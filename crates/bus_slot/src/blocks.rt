// A slot's blocks and what guards them, and the address that the counter points to, which lies in one of them.
#![tactic(auto, unfolding(crate::proofs::Open::blocks))]

ghost use Rattle.std.specs.Prelude.{◌≡◌, true, false, get_or, set};
ghost use Rattle.rules.specs.Fields.{to_come};
ghost use Rattle.rules.specs.Modelled.{address_of};
ghost use Rattle.rules.specs.Control.{protects};
ghost use Rattle.rules.specs.Memory.{pin_on, guarded};

use rules::{Address, BlockNo, Older, Slot};

// The address that the counter points to in the selected half.
// Kept: 256 times the half, and no from_be_bytes: the half is a number of its own and no number's high byte (Modelled.address_of).
pub fn address_of(s: Slot) -> Address
    ensures { result ≡ address_of s }
{
    Address(256 * u16::from(s.half) + u16::from(s.counter))
}

// What stands for a block; a block above 3 is not there.
fn block_at(k: usize, blocks: [bool; 4]) -> bool
    ensures { result ≡ get_or blocks k false }
{
    blocks.get(k).copied().unwrap_or(false)
}

// The blocks with one more.
// Kept: written by index, here and in cycle::put, and not through get_mut, after which a proof knows no element (tried: what is stored stays open).
pub fn with_block(k: BlockNo, blocks: [bool; 4]) -> [bool; 4]
    ensures { result ≡ set blocks k.0 true }
{
    let at = usize::from(k.0);
    let mut next = blocks;
    if at < next.len() {
        next[at] = true;
    }
    next
}

// A block is protected.
pub fn protects(k: BlockNo, s: Slot) -> bool
    ensures { result ≡ protects k s }
{
    block_at(usize::from(k.0), s.protection)
}

// The slot with a protection to come, and whether that will be permanent.
pub fn to_come(coming: [bool; 4], lasting: bool, s: Slot) -> Slot
    ensures { result ≡ to_come coming lasting s }
{
    Slot {
        coming,
        old: Older { lasting, ..s.old },
        ..s
    }
}

// An older module's write-protect pin is on; no other slot has one.
pub fn pin_on(s: Slot) -> bool
    ensures { result ≡ pin_on s }
{
    s.is_older() & s.old.pin
}

// The block of the next data byte is protected, or the write-protect pin is on.
pub fn guarded(s: Slot) -> bool
    ensures { result ≡ guarded s }
{
    let Address(a) = address_of(s);
    block_at(usize::from(a / 128), s.protection) | pin_on(s)
}
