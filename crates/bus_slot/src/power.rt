// A power cycle at one slot, and what it still does of a write cycle that is running.
#![tactic(auto, unfolding(crate::proofs::Open::power))]

ghost use Rattle.std.specs.Prelude.{◌≡◌};
ghost use Rattle.rules.specs.Fresh.{powered};
ghost use Rattle.rules.specs.Power.{first_of, cut, cut_part};
ghost use Rattle.rules.specs.Slot.{slot_next};

use super::cycle;
use rules::{Act, Cut, Older, Slot};

// Of the latched bytes, in ascending page offset, the first so many.
fn first_of(k: Cut, marks: [bool; 16]) -> [bool; 16]
    ensures { result ≡ first_of k marks }
{
    let mut first = marks;
    let mut below = 0u8;
    for mark in first.iter_mut() {
        if *mark {
            *mark = below < k.0;
            below += 1;
        }
    }
    first
}

// A running cycle with the rest lost: of its bytes the first so many are left.
fn shortened(k: Cut, s: Slot) -> Slot
    ensures { result ≡ cut k s }
{
    Slot {
        marks: first_of(k, s.marks),
        ..s
    }
}

// Power keeps protection, permanent or not, the voltage and the write-protect pin, and all else is fresh.
fn powered(s: Slot) -> Slot
    ensures { result ≡ powered s }
{
    let fresh = Slot::fresh(s.kind, s.length);
    let protection = s.protection;
    Slot {
        protection,
        coming: protection,
        voltage: s.voltage,
        old: Older {
            permanent: s.old.permanent,
            pin: s.old.pin,
            ..fresh.old
        },
        ..fresh
    }
}

// A power cycle; part is the slot's own 512 bytes, which change where it cuts a write cycle short. Without a cycle the number has no effect, and 0
// drops a running one: no byte is stored and no protection comes. An absent slot is left alone.
pub fn cut(k: Cut, s: Slot, part: &mut [u8]) -> Slot
    ensures { (result ≡ slot_next 0 (Act.Power k) s) × (part.new ≡ cut_part k s part.old) }
{
    if s.is_absent() {
        s
    } else if (s.left == 0) | (k.0 == 0) {
        powered(s)
    } else {
        powered(cycle::ended(shortened(k, s), part))
    }
}
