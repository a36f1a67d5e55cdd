// A byte from the master at one slot: what the slot makes of it, and whether it acknowledges.
#![tactic(auto, unfolding(crate::proofs::Open::listen), using(rules::proofs::Run::Cases::byte_next))]

ghost use Rattle.std.specs.Prelude.{◌≡◌, not, leb};
ghost use Rattle.rules.specs.Control.{heard_by};
ghost use Rattle.rules.specs.Memory.{guarded, data_byte};
ghost use Rattle.rules.specs.Slot.{pointer, first_byte, second_byte};
ghost use Rattle.bus_slot.specs.Heeded.{heeded};

use super::obey::Heed;
use super::{blocks, leaving, memory, obey, phase};
use rules::{Heard, Phase, Sensor, Slot, SlotNo};

// A data byte: refused in a protected block and under the write-protect pin, else latched.
fn data_byte(b: u8, s: Slot) -> Heed
    ensures { result ≡ record { slot = data_byte b s; ack = not (guarded s) } }
{
    if blocks::guarded(s) {
        Heed::nack(phase::in_phase(Phase::Deaf, leaving::abandoned(s)))
    } else {
        Heed::ack(memory::latching(b, s))
    }
}

// A sensor write's pointer byte.
fn pointed(b: u8, s: Slot) -> Heed
    ensures { result ≡ record { slot = pointer b s; ack = leb b 9 } }
{
    if b <= 9 {
        Heed::ack(Slot {
            phase: Phase::SensorHigh,
            sensor: Sensor {
                pointer: b,
                ..s.sensor
            },
            ..s
        })
    } else {
        Heed::nack(leaving::lost(Phase::SensorPointer, s))
    }
}

// A sensor write's first byte is held.
fn first_byte(b: u8, s: Slot) -> Slot
    ensures { result ≡ first_byte b s }
{
    phase::in_phase(
        Phase::SensorLow,
        phase::holding(u16::from_be_bytes([b, 0]), s),
    )
}

// With its second byte the register changes, and nothing more is taken.
fn second_byte(b: u8, s: Slot) -> Slot
    ensures { result ≡ second_byte b s }
{
    let x = s.sensor;
    let [high, _] = x.word.to_be_bytes();
    let sensor = bus_sensor::pin::written(x, x.pointer, u16::from_be_bytes([high, b]));
    leaving::lost(Phase::SensorLow, Slot { sensor, ..s })
}

// A byte from the master at slot n; h is what it asks of this slot as a control byte.
pub fn byte(s: Slot, n: SlotNo, b: u8, h: Heard) -> Heed
    requires { h ≡ heard_by n.0 b s }
    ensures { result ≡ heeded n.0 b s }
{
    let phase = phase::standing(s);
    // Kept: an arm for each phase, as phase::traits says.
    match phase {
        Phase::Idle | Phase::Deaf => Heed::nack(s),
        Phase::Control => obey::controlled(h, n, s),
        Phase::MemoryCounter => Heed::ack(memory::loaded(b, s)),
        Phase::MemoryData => data_byte(b, s),
        Phase::HalfSelected => Heed::ack(s),
        Phase::CommandAddress => Heed::ack(phase::in_phase(Phase::CommandData, s)),
        Phase::CommandData => Heed::ack(phase::in_phase(Phase::CommandStop, s)),
        Phase::SensorPointer => pointed(b, s),
        Phase::SensorHigh => Heed::ack(first_byte(b, s)),
        Phase::SensorLow => Heed::ack(second_byte(b, s)),
        Phase::MemoryRead | Phase::CommandStop | Phase::SensorReadHigh | Phase::SensorReadLow =>
            Heed::nack(leaving::lost(phase, s)),
    }
}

§ Prompt
Set down verbatim only the lines between the start of the data above and the line with "the selected half.", both boundaries included.

§ Solved exercise
filename crates/bus_slot/src/blocks.rt
// A slot's blocks and what guards them, and the address that the counter points to, which lies in one of them.
#![tactic(auto, unfolding(crate::proofs::Open::blocks))]

ghost use Rattle.std.specs.Prelude.{◌≡◌, true, false, get_or, set};
ghost use Rattle.rules.specs.Fields.{to_come};
ghost use Rattle.rules.specs.Modelled.{address_of};
ghost use Rattle.rules.specs.Control.{protects};
ghost use Rattle.rules.specs.Memory.{pin_on, guarded};

use rules::{Address, BlockNo, Older, Slot};

// The address that the counter points to in the selected half.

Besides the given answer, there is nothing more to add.